Researchers used modified virtual reality technology to measure brain activity and analyze human responses to cues, stressors, and external stimuli in a study published in Soft Science.

The University of Texas at Austin developed a noninvasive EEG sensor for extended wear in a Meta VR headset, measuring brain electrical activity during immersive VR interactions.

The device's diverse applications include anxiety relief, pilot training focus, and firsthand robot perspective experience, enabling individuals to gauge mental strain and assess focus.

Nanshu Lu, a professor in the Cockrell School of Engineering's Department of Aerospace Engineering and Engineering Mechanics who led the research said -

"Virtual reality is so much more immersive than just doing something on a big screen. It gives the user a more realistic experience, and our technology enables us to get better measurements of how the brain is reacting to that environment."

Impact of Modified Virtual Reality on the Brain

Commercial sphere integrates VR and EEG sensors, but high-cost devices offer enhanced user comfort, prolonged wear, and new applications. Researchers claim electrodes offer enhanced comfort.

Leading EEG devices use electrode-covered caps, posing compatibility challenges with VR headsets and requiring individual electrodes to obtain robust readings due to hair obstructing connections.

Widely used electrodes are inflexible and comb-like, requiring hair insertion for skin connection, causing discomfort and affecting user experience.

Hongbian Li, a research associate in Lu's lab said -

"All of these mainstream options have significant flaws that we tried to overcome with our system."

In pursuit of this project, the researchers developed a spongy electrode using soft, conductive materials to address these challenges. Li spearheaded this endeavor.

The modified headset features electrodes, conductive traces, and an EEG recording apparatus on the top strap and forehead pad, resembling Lu's electronic tattoos.

Potential of Virtual Reality

This technology is set to contribute to another significant research initiative at UT Austin—a novel robot delivery network, simultaneously serving as the most extensive investigation conducted thus far on human-robot interactions.

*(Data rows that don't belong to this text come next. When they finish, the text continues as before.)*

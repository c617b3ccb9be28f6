//! Turns of a machine: one at a time, and up to the next that has a line.

ghost use Rattle.std.specs.Prelude.{◌≡◌, ◌+◌, ◌≤◌, ◌<◌, [], Some, None, true, false, length, IfSome};
ghost use Rattle.std.specs.FinMap.{empty};
ghost use Rattle.space_maps.specs.Spaces.{space_in};
ghost use Rattle.sizes.specs.declared.TheConstants.{MOST_WRITTEN};
ghost use Rattle.report_text.specs.Answers.{HasPort, has_turn_line, turn_text};
ghost use Rattle.machine_core.specs.Machine.{AreLike, KeepsPlaces, StaysBut, has_saved, has_space, is_marked, is_running, spaces_of, wholes};
ghost use Rattle.machine_core.specs.Ample.{is_full_turn};
ghost use Rattle.machine_core.specs.BareTurns.{room_asked, turn_with};
ghost use Rattle.machine_core.specs.Executions.{after_executions, came_to_last, steps_to};
ghost use Rattle.self_speculation.specs.Requests.{KeepsPairs};
ghost use Rattle.self_speculation.specs.Taken.{AnswersRequest, after_taken, taken_turn};
ghost use Rattle.process_runs.specs.Places.{HavePairs, KeepsAllPerms, KeepsFree, NoPageAwaits, OwnSpaces};
ghost use Rattle.breakpoints.specs.Breakpoints.{addresses_of};
ghost use Rattle.process_runs.specs.Turns.{EndsRun, EndsStretch, FinishesTurn, IsTurnLine, Speaks, TakesTurn, break_among, break_of, ending, ending_by, found_before, last_break, begun_by, lines_left, next_of, rest_of, run_found};

use crate::turns::{Order, Running};
use breakpoints::{Addresses, Breakpoints};
use machine_core::{BareTurn, Machine, Process};
use ovl_io::{ProcessState, Turn};
use report_text::{Line, Stop, turn_line, wrote_line};
use rv_execute::Outcome;
use self_speculation::{answer, event};
use sizes::MOST_WRITTEN;

/// Sizes of the room for a write: it is cleared, so a short write has little.
const SMALL_WRITE: usize = 64;

const MIDDLE_WRITE: usize = 512;

/// Executes up to so many instructions of a running process, whose space is there, as long as each is a step and leads to none
/// of its breakpoints. Answers how many were steps, and what came of the last one.
#[inline]
fn execute_up_to(
    machine: &mut Machine,
    breakpoints: &Breakpoints,
    p: u16,
    most: u32,
) -> (u32, Outcome)
    requires runs { is_running (wholes machine.old) p ≡ true }
    requires there { has_space machine.old p ≡ true }
    requires none_awaits { (space_in (spaces_of machine.old) p).awaiting ≡ empty }
    ensures steps { result.0
        ≡ steps_to (addresses_of breakpoints.now p) most (wholes machine.old) p }
    ensures outcome { result.1
        ≡ came_to_last (addresses_of breakpoints.now p) most (wholes machine.old) p }
    ensures after { AreLike (wholes machine.new)
        (after_executions (addresses_of breakpoints.now p) most (wholes machine.old) p) }
    ensures others { StaysBut p machine.old machine.new }
    ensures places { KeepsPlaces machine.old machine.new }
{
    machine.execute_up_to(p, most, breakpoints.of(p))
}

/// Does what a process asked for, and answers what came of it.
#[inline]
fn answer_request(machine: &mut Machine, p: u16, calls: bool, bytes: &mut [u8]) -> BareTurn
    requires runs { is_running (wholes machine.old) p ≡ true }
    requires there { has_space machine.old p ≡ true }
    requires none_awaits { (space_in (spaces_of machine.old) p).awaiting ≡ empty }
    requires pairs { is_marked machine.old p ≡ has_saved machine.old p }
    requires room { length bytes.old ≡ room_asked (wholes machine.old) p }
    ensures answers { AnswersRequest calls p (wholes machine.old) (turn_with result bytes.new)
        (wholes machine.new) }
    ensures port { HasPort (turn_with result bytes.new) }
    ensures kept { KeepsPairs machine.old machine.new }
    ensures free { KeepsFree machine.old machine.new }
    ensures perms { KeepsAllPerms machine.old machine.new }
{
    answer(machine, p, calls, bytes)
}

/// The rest of a turn of a process whose execution came to this: what it asked for, where it did. Answers what came of the turn. The bytes of
/// a write come into `bytes`, which has room for just as many as it may write.
#[inline]
fn finish_turn(
    machine: &mut Machine,
    p: u16,
    outcome: Outcome,
    calls: bool,
    bytes: &mut [u8],
) -> BareTurn
    requires runs { outcome ≡ Outcome.Asked → is_running (wholes machine.old) p ≡ true }
    requires there { has_space machine.old p ≡ true }
    requires none_awaits { (space_in (spaces_of machine.old) p).awaiting ≡ empty }
    requires pairs { is_marked machine.old p ≡ has_saved machine.old p }
    requires room { outcome ≡ Outcome.Asked → length bytes.old ≡ room_asked (wholes machine.old) p }
    ensures turn { FinishesTurn calls p outcome (wholes machine.old) (turn_with result bytes.new)
        (wholes machine.new) }
    ensures port { HasPort (turn_with result bytes.new) }
    ensures kept { KeepsPairs machine.old machine.new }
    ensures free { KeepsFree machine.old machine.new }
    ensures perms { KeepsAllPerms machine.old machine.new }
{
    match outcome {
        Outcome::Stepped => BareTurn::Stepped,
        Outcome::Asked => answer_request(machine, p, calls, bytes),
        Outcome::Fault(kind, address) => BareTurn::Faulted(kind, address),
        Outcome::Full(units, limit) => BareTurn::Full(units, limit),
    }
}

/// The line of a turn, which it sets, and whether it has one.
#[inline]
fn line_of(p: u16, came: BareTurn, bytes: &[u8], line: &mut Line) -> bool
    requires few { length bytes.now ≤ MOST_WRITTEN }
    requires port { HasPort (turn_with came bytes.now) }
    ensures text { line.new.items ≡ turn_text p (turn_with came bytes.now) }
    ensures has { result ≡ has_turn_line (turn_with came bytes.now) }
{
    match came {
        BareTurn::Stepped => {
            line.clear();
            false
        }
        BareTurn::Wrote(port) => {
            wrote_line(p, port, bytes, line);
            true
        }
        BareTurn::Exited(_) | BareTurn::Faulted(_, _) | BareTurn::Full(_, _) => {
            spoken(p, came, bytes, line)
        }
    }
}

/// The line of a turn, by the turn. It stands apart, since a turn has room for all that a process may write.
#[inline(never)]
fn spoken(p: u16, came: BareTurn, bytes: &[u8], line: &mut Line) -> bool
    requires few { length bytes.now ≤ MOST_WRITTEN }
    requires port { HasPort (turn_with came bytes.now) }
    ensures text { line.new.items ≡ turn_text p (turn_with came bytes.now) }
    ensures has { result ≡ has_turn_line (turn_with came bytes.now) }
{
    turn_line(p, &came.turn(bytes), line)
}

/// What follows the last execution of a stretch, which was no step, with room for the bytes of a write: what the process asked for is
/// done, the turn is counted, and its line is set, where it has one.
#[inline]
fn end_with(
    machine: &mut Machine,
    running: &mut Running,
    p: u16,
    outcome: Outcome,
    bytes: &mut [u8],
    line: &mut Line,
) -> bool
    requires runs { outcome ≡ Outcome.Asked → is_running (wholes machine.old) p ≡ true }
    requires there { has_space machine.old p ≡ true }
    requires none_awaits { (space_in (spaces_of machine.old) p).awaiting ≡ empty }
    requires pairs { is_marked machine.old p ≡ has_saved machine.old p }
    requires room { outcome ≡ Outcome.Asked → length bytes.old ≡ room_asked (wholes machine.old) p }
    requires few { length bytes.old ≤ MOST_WRITTEN }
    requires left { running.old.run.taken < running.old.run.turns }
    requires goes { running.old.stop ≡ None }
    ensures ends { EndsStretch p outcome
        (wholes machine.old) running.old (wholes machine.new) running.new result line.new.items }
    ensures within { running.new.run.taken ≤ running.new.run.turns }
    ensures kept { KeepsPairs machine.old machine.new }
    ensures free { KeepsFree machine.old machine.new }
    ensures perms { KeepsAllPerms machine.old machine.new }
{
    let came = finish_turn(machine, p, outcome, running.calls(), bytes);
    running.count(p, came.is_full());
    line_of(p, came, bytes, line)
}

/// The same with room of a size of its own, so that only as much is cleared as the write is of.
#[inline(never)]
fn end_writing<const ROOM: usize>(
    machine: &mut Machine,
    running: &mut Running,
    p: u16,
    outcome: Outcome,
    room: usize,
    line: &mut Line,
) -> bool
    requires size { ROOM ≤ MOST_WRITTEN }
    requires fits { room ≤ ROOM }
    requires runs { outcome ≡ Outcome.Asked → is_running (wholes machine.old) p ≡ true }
    requires there { has_space machine.old p ≡ true }
    requires none_awaits { (space_in (spaces_of machine.old) p).awaiting ≡ empty }
    requires pairs { is_marked machine.old p ≡ has_saved machine.old p }
    requires room { outcome ≡ Outcome.Asked → room ≡ room_asked (wholes machine.old) p }
    requires left { running.old.run.taken < running.old.run.turns }
    requires goes { running.old.stop ≡ None }
    ensures ends { EndsStretch p outcome
        (wholes machine.old) running.old (wholes machine.new) running.new result line.new.items }
    ensures within { running.new.run.taken ≤ running.new.run.turns }
    ensures kept { KeepsPairs machine.old machine.new }
    ensures free { KeepsFree machine.old machine.new }
    ensures perms { KeepsAllPerms machine.old machine.new }
{
    let mut buffer = [0; ROOM];
    end_with(machine, running, p, outcome, &mut buffer[..room], line)
}

/// How many bytes the rest of a turn may write whose execution came to this.
#[inline]
fn room_of(machine: &Machine, p: u16, outcome: &Outcome) -> usize
    ensures room { outcome.now ≡ Outcome.Asked → result ≡ room_asked (wholes machine.now) p }
    ensures few { result ≤ MOST_WRITTEN }
{
    match outcome {
        Outcome::Asked => machine.room_asked(p),
        Outcome::Stepped | Outcome::Fault(_, _) | Outcome::Full(_, _) => 0,
    }
}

Lu is an integral participant in this project, and the VR headsets will find utility among individuals either accompanying robots during travel or situated in a distant "observatory." These individuals will gain the ability to view events from the robot's vantage point, while the device concurrently gauges the sustained mental effort involved in such prolonged observation.

Luis Sentis, a professor in the Department of Aerospace Engineering and Engineering Mechanics who is co-leading the robot delivery project and is a co-author on the VR EEG paper said -

"If you can see through the eyes of the robot, it paints a clearer picture of how people are reacting to it and lets operators monitor their safety in case of potential accidents."

Researchers created a driving simulation using a VR EEG headset and expert José del R. Millán. The simulation prompts users to press a button to respond to turn commands, assessing the headset's feasibility.

The EEG monitors the brain activity of users as they navigate driving scenarios. It provides insights into the participants' level of attentiveness in this context.

The researchers have filed preliminary patent documents for the EEG and are actively looking for partnerships with VR businesses to directly incorporate the technology into their products.